Discussion on the algorithm of mass user integration ranking

Source: Internet
Author: User

The content of this article is excerpted from the first phase of the Code agricultural periodical: discussion on the algorithm of mass user integral ranking. Mainly describes several processing user points ranking algorithm, I hope we have some gains, thank you!

Problem
A large amount of user sites, users have points, points may be used in the process of updating at any time. Now you want to design an algorithm for the site that displays its current point rank each time the user logs in. The maximum user size is 200 million, the integral is a nonnegative integer and less than 1 million.
PS: It is said that this is the thunder of an interview problem, but the problem itself has a strong authenticity, so this article intends to follow the real scene to consider, and not limited to the ideal environment for interview questions.


Storage structure
First of all, we use a User integration table User_score to save the user's points information.

Table structure:

Sample data:

The following algorithm is based on this basic table structure.
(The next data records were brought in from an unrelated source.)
// Stepping a compiled rule's monitor over words of truths (src/codegen/monitor.rs, `ReferenceMonitor`).
#![tactic(auto)]

pub mod call;
pub mod fresh;
pub mod walk;
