//! The calls that ask for something of a file.
ghost use Rattle.std.specs.Prelude.{◌≡◌, ◌<◌, ◌^◌, length, IfOk};
ghost use Rattle.program_model.specs.Calls.{transfer_call, rename_call, mode_call, call_among, file_entries, common_entries};
ghost use Rattle.tia_entry.specs.Buffers.{HasBuffer, transfer_with};
ghost use Rattle.tia_entry.specs.Looks.{file_at, named_file};

use crate::argument::{argument, is_within, word_at};
use cpu_regs::{MemoryPort, Regs};
use ctss_types::FileName;
use program_model::{Call, CommonCall, EntryFault};
use word36::Word;

// The names of the entries as words, so that a call is told by a comparison of numbers.

/// FSTAT.
const FILE_STAT: u64 = 0o266263216360;

/// RDFILE.
const READ_FILE: u64 = 0o512426314325;

/// WRFILE.
const WRITE_FILE: u64 = 0o665126314325;

/// DELETE.
const DELETE_FILE: u64 = 0o242543256325;

/// RENAME.
const RENAME_FILE: u64 = 0o512545214425;

/// CHMODE.
const CHANGE_MODE: u64 = 0o233044462425;

/// CFSTAT.
const COMMON_STAT: u64 = 0o232662632163;

/// CRDFIL.
const COMMON_READ: u64 = 0o235124263143;

/// CWRFIL.
const COMMON_WRITE: u64 = 0o236651263143;

/// CDELET.
const COMMON_DELETE: u64 = 0o232425432563;

/// The entries that have a buffer of a file's words.
#[derive(Clone, Copy, Debug, PartialEq, Eq)]
enum TransferEntry {
    Read,
    Write,
    CommonRead,
    CommonWrite,
}

/// The call of an entry with a buffer of a file's words.
fn transfer_with(entry: TransferEntry, name: FileName, at: u16, count: u16, place: u64) -> Call
    ensures { result ≡ transfer_with entry name at count place }
{
    match entry {
        TransferEntry::Read => Call::ReadFile {
            name,
            at,
            count,
            place,
        },
        TransferEntry::Write => Call::WriteFile {
            name,
            at,
            count,
            place,
        },
        TransferEntry::CommonRead => Call::Common(CommonCall::Read {
            name,
            at,
            count,
            place,
        }),
        TransferEntry::CommonWrite => Call::Common(CommonCall::Write {
            name,
            at,
            count,
            place,
        }),
    }
}

/// The two names of a file, from an address on.
fn file_at<M: MemoryPort>(core: &M, address: u16) -> Result<FileName, EntryFault>
    requires { address < 2 ^ 15 }
    ensures { result ≡ file_at (M.words core.now) address }
{
    let first = word_at(core, address)?;
    let second = word_at(core, (address + 1) & 0o77777)?;
    Ok(FileName::new(first, second))
}

/// The file whose names the first argument points at.
fn named_file<M: MemoryPort>(regs: &Regs, core: &M) -> Result<FileName, EntryFault>
    ensures { result ≡ named_file regs.now (M.words core.now) }
{
    let names = argument(regs, core, 1)?;
    file_at(core, names.address())
}

/// The call with the file, the buffer and the place that the arguments name.
fn transfer_call<M: MemoryPort>(
    regs: &Regs,
    core: &M,
    entry: TransferEntry,
) -> Result<Call, EntryFault>
    ensures value { result ≡ transfer_call regs.now (M.words core.now) (transfer_with entry) }
    ensures within { IfOk result (HasBuffer (length (M.words core.now))) }
{
    let names = argument(regs, core, 1)?;
    let buffer = argument(regs, core, 2)?;
    let pointer = argument(regs, core, 3)?;
    let name = file_at(core, names.address())?;
    let place = word_at(core, pointer.address())?.magnitude();
    let at = buffer.address();
    let count = buffer.decrement();
    if !is_within(core, at, count) {
        return Err(EntryFault::Outside(at));
    }
    Ok(transfer_with(entry, name, at, count, place))
}

/// The call with the names of a file and its new ones.
fn rename_call<M: MemoryPort>(regs: &Regs, core: &M) -> Result<Call, EntryFault>
    ensures value { result ≡ rename_call regs.now (M.words core.now) }
    ensures within { IfOk result (HasBuffer (length (M.words core.now))) }
{
    let names = argument(regs, core, 1)?;
    let new_names = argument(regs, core, 2)?;
    let name = file_at(core, names.address())?;
    let to = file_at(core, new_names.address())?;
    Ok(Call::RenameFile { name, to })
}

/// The call with the names of a file and its new mode.
fn mode_call<M: MemoryPort>(regs: &Regs, core: &M) -> Result<Call, EntryFault>
    ensures value { result ≡ mode_call regs.now (M.words core.now) }
    ensures within { IfOk result (HasBuffer (length (M.words core.now))) }
{
    let names = argument(regs, core, 1)?;
    let mode = argument(regs, core, 2)?.address();
    let name = file_at(core, names.address())?;
    Ok(Call::ChangeMode { name, mode })
}

/// The calls that ask for something of a file.
#[tactic(auto, unfolding(ctss_types::specs::Words::name_of))]
pub(crate) fn call_of_file<M: MemoryPort>(
    regs: &Regs,
    core: &M,
    name: Word,
) -> Result<Call, EntryFault>
    ensures value { result ≡ call_among file_entries regs.now (M.words core.now) name }
    ensures within { IfOk result (HasBuffer (length (M.words core.now))) }
{
    match name.bits() {
        FILE_STAT => Ok(Call::FileStat {
            name: named_file(regs, core)?,
        }),
        READ_FILE => transfer_call(regs, core, TransferEntry::Read),
        WRITE_FILE => transfer_call(regs, core, TransferEntry::Write),
        DELETE_FILE => Ok(Call::DeleteFile {
            name: named_file(regs, core)?,
        }),
        RENAME_FILE => rename_call(regs, core),
        CHANGE_MODE => mode_call(regs, core),
        _ => call_of_common(regs, core, name),
    }
}

/// The calls that ask for something of a common file.
#[tactic(auto, unfolding(ctss_types::specs::Words::name_of))]
fn call_of_common<M: MemoryPort>(regs: &Regs, core: &M, name: Word) -> Result<Call, EntryFault>
    ensures value { result ≡ call_among common_entries regs.now (M.words core.now) name }
    ensures within { IfOk result (HasBuffer (length (M.words core.now))) }
{
    match name.bits() {
        COMMON_STAT => Ok(Call::Common(CommonCall::Stat {
            name: named_file(regs, core)?,
        })),
        COMMON_READ => transfer_call(regs, core, TransferEntry::CommonRead),
        COMMON_WRITE => transfer_call(regs, core, TransferEntry::CommonWrite),
        COMMON_DELETE => Ok(Call::Common(CommonCall::Delete {
            name: named_file(regs, core)?,
        })),
        _ => Err(EntryFault::NoSuchEntry),
    }
}
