ghost use Rattle.std.specs.Prelude.{◌≡◌, ◌≤◌, ◌+◌, length, IfOk};
ghost use Rattle.program_model.specs.Lines.{words_at, with_words};

use cpu_regs::MemoryPort;
use ctss_types::NoMemory;
use std::alloc::Global;
use word36::Word;

/// Stores words from an address on.
#[tactic(auto, using(crate::proofs::Parts::store_next))]
pub fn store_words<M: MemoryPort>(core: &mut M, at: u16, words: &[Word])
    requires { at + length words.now ≤ length (M.words core.old) }
    ensures words { M.words core.new ≡ with_words (M.words core.old) at words.now }
    ensures keeps { M.Keeps core.old core.new }
{
    // Then it is known of the core how many words it has at most.
    let _blocks = core.size();
    'storing: for (i, word) in words.iter().enumerate() {
        let _ = core.store(at + i as u16, *word);
    }
}

/// Stores words from an address on. What lies outside is passed over.
#[tactic(auto, using(crate::proofs::Fitting::fitting))]
pub fn store_fitting<M: MemoryPort>(core: &mut M, at: u16, words: &[Word])
    ensures words { M.words core.new ≡ with_words (M.words core.old) at words.now }
    ensures keeps { M.Keeps core.old core.new }
{
    let size = 256 * usize::from(core.size());
    let start = usize::from(at);
    if start > size {
        return;
    }
    if words.len() > size - start {
        store_words(core, at, &words[..size - start]);
    } else {
        store_words(core, at, words);
    }
}

/// So many words from an address on.
#[tactic(auto, using(crate::proofs::Parts::words_more))]
pub fn words_in<M: MemoryPort>(
    alloc: Global,
    core: &M,
    at: u16,
    count: u16,
) -> Result<Vec<Word>, NoMemory>
    requires { at + count ≤ length (M.words core.now) }
    ensures { IfOk result (λ words. words.items ≡ words_at (M.words core.now) at count) }
{
    // Then it is known of the core how many words it has at most.
    let _blocks = core.size();
    let mut words = Vec::with_capacity(alloc, count as usize)?;
    'reading: for i in 0..count {
        let Ok(word) = core.load(at + i) else {
            unreachable!()
        };
        words.push(word)?;
    }
    Ok(words)
}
Algorithm 1: Simple SQL query

First of all, it's easy to think of a simple SQL statement to query the number of users with points greater than that user's score:

Select 1 + count (t2.uid) as Rankfrom user_score T1, user_score t2where t1.uid = @uid and T2.score > T1.score

For number 4th users we can get the following results:

Algorithm features
Advantages: Simple, the use of SQL functions, do not require complex query logic, nor the introduction of additional storage structure, small-scale or performance requirements of the application is not high? A good solution.
Disadvantage: A full table scan of the User_score table is required, and it is also necessary to take into account the fact that the query has a lock on the table at the same time as the integration update, which is unacceptable in the case of massive data size and high concurrency applications.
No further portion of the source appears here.